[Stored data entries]
/---

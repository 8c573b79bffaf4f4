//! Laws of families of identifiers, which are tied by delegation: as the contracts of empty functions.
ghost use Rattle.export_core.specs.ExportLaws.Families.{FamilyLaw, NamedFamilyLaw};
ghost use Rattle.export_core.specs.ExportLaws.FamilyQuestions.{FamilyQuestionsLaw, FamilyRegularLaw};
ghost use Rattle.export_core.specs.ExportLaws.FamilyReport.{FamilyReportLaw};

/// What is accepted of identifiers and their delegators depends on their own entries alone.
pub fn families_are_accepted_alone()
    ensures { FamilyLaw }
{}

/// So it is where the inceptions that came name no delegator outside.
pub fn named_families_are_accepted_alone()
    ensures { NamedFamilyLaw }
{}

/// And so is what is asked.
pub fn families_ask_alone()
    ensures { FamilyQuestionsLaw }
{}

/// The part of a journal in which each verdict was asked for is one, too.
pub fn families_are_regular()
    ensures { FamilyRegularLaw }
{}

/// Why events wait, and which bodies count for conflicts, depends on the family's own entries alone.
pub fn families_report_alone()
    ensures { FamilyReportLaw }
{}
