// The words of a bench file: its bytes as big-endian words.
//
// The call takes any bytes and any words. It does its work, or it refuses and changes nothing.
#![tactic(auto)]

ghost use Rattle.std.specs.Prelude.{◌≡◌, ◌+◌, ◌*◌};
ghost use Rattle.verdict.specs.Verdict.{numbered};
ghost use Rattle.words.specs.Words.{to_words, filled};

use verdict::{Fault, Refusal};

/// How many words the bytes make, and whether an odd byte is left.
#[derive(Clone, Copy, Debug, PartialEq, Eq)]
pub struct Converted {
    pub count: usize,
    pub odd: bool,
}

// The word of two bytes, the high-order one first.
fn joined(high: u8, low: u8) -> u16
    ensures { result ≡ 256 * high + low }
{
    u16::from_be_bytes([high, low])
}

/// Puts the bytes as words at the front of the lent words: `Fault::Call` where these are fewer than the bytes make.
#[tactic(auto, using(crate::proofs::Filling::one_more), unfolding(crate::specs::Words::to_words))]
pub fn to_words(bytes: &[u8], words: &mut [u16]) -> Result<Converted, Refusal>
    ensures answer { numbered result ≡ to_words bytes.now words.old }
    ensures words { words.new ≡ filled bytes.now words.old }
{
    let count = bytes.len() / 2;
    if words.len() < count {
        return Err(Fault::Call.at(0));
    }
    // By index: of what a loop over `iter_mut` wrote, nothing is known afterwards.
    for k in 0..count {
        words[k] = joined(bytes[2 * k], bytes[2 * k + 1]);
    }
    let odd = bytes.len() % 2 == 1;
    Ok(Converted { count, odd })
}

\---
/---

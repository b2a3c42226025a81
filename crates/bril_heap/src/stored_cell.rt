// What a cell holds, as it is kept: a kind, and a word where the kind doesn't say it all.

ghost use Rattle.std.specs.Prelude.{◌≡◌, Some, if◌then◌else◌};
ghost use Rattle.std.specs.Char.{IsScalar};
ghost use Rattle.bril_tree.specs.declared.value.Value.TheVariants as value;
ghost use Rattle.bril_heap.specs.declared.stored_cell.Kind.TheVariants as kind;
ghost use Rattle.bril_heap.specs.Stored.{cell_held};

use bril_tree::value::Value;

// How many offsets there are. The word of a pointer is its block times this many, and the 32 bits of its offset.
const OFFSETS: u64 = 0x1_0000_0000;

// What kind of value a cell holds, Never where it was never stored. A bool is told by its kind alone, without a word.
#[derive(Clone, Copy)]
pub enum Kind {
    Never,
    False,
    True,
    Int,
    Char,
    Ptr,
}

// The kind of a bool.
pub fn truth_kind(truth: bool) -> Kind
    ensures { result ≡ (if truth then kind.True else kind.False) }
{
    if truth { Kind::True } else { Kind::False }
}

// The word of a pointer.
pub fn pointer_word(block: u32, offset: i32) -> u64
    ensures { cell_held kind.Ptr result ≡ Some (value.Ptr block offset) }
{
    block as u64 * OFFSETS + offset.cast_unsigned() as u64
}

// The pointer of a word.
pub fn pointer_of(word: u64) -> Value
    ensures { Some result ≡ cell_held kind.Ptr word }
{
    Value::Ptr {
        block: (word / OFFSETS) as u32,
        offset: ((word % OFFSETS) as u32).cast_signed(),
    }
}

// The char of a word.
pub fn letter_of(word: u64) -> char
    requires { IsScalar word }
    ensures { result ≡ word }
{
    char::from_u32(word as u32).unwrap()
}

\---
/---

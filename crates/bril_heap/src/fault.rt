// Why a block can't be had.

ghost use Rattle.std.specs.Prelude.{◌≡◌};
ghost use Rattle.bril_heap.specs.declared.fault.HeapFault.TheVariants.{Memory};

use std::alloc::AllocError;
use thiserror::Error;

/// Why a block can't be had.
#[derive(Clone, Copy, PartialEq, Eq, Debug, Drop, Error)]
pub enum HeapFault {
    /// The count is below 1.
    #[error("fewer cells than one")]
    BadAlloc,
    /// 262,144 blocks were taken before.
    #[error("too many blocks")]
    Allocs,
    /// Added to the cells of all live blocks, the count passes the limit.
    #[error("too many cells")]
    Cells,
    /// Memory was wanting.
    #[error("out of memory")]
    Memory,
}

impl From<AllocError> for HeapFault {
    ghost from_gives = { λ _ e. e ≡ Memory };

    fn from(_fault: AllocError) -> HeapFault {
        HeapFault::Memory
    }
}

\---

- What the task asks -
Copy each line in the data that holds the word "IsScalar".

- Task output -
ghost use Rattle.std.specs.Char.{IsScalar};
    requires { IsScalar word }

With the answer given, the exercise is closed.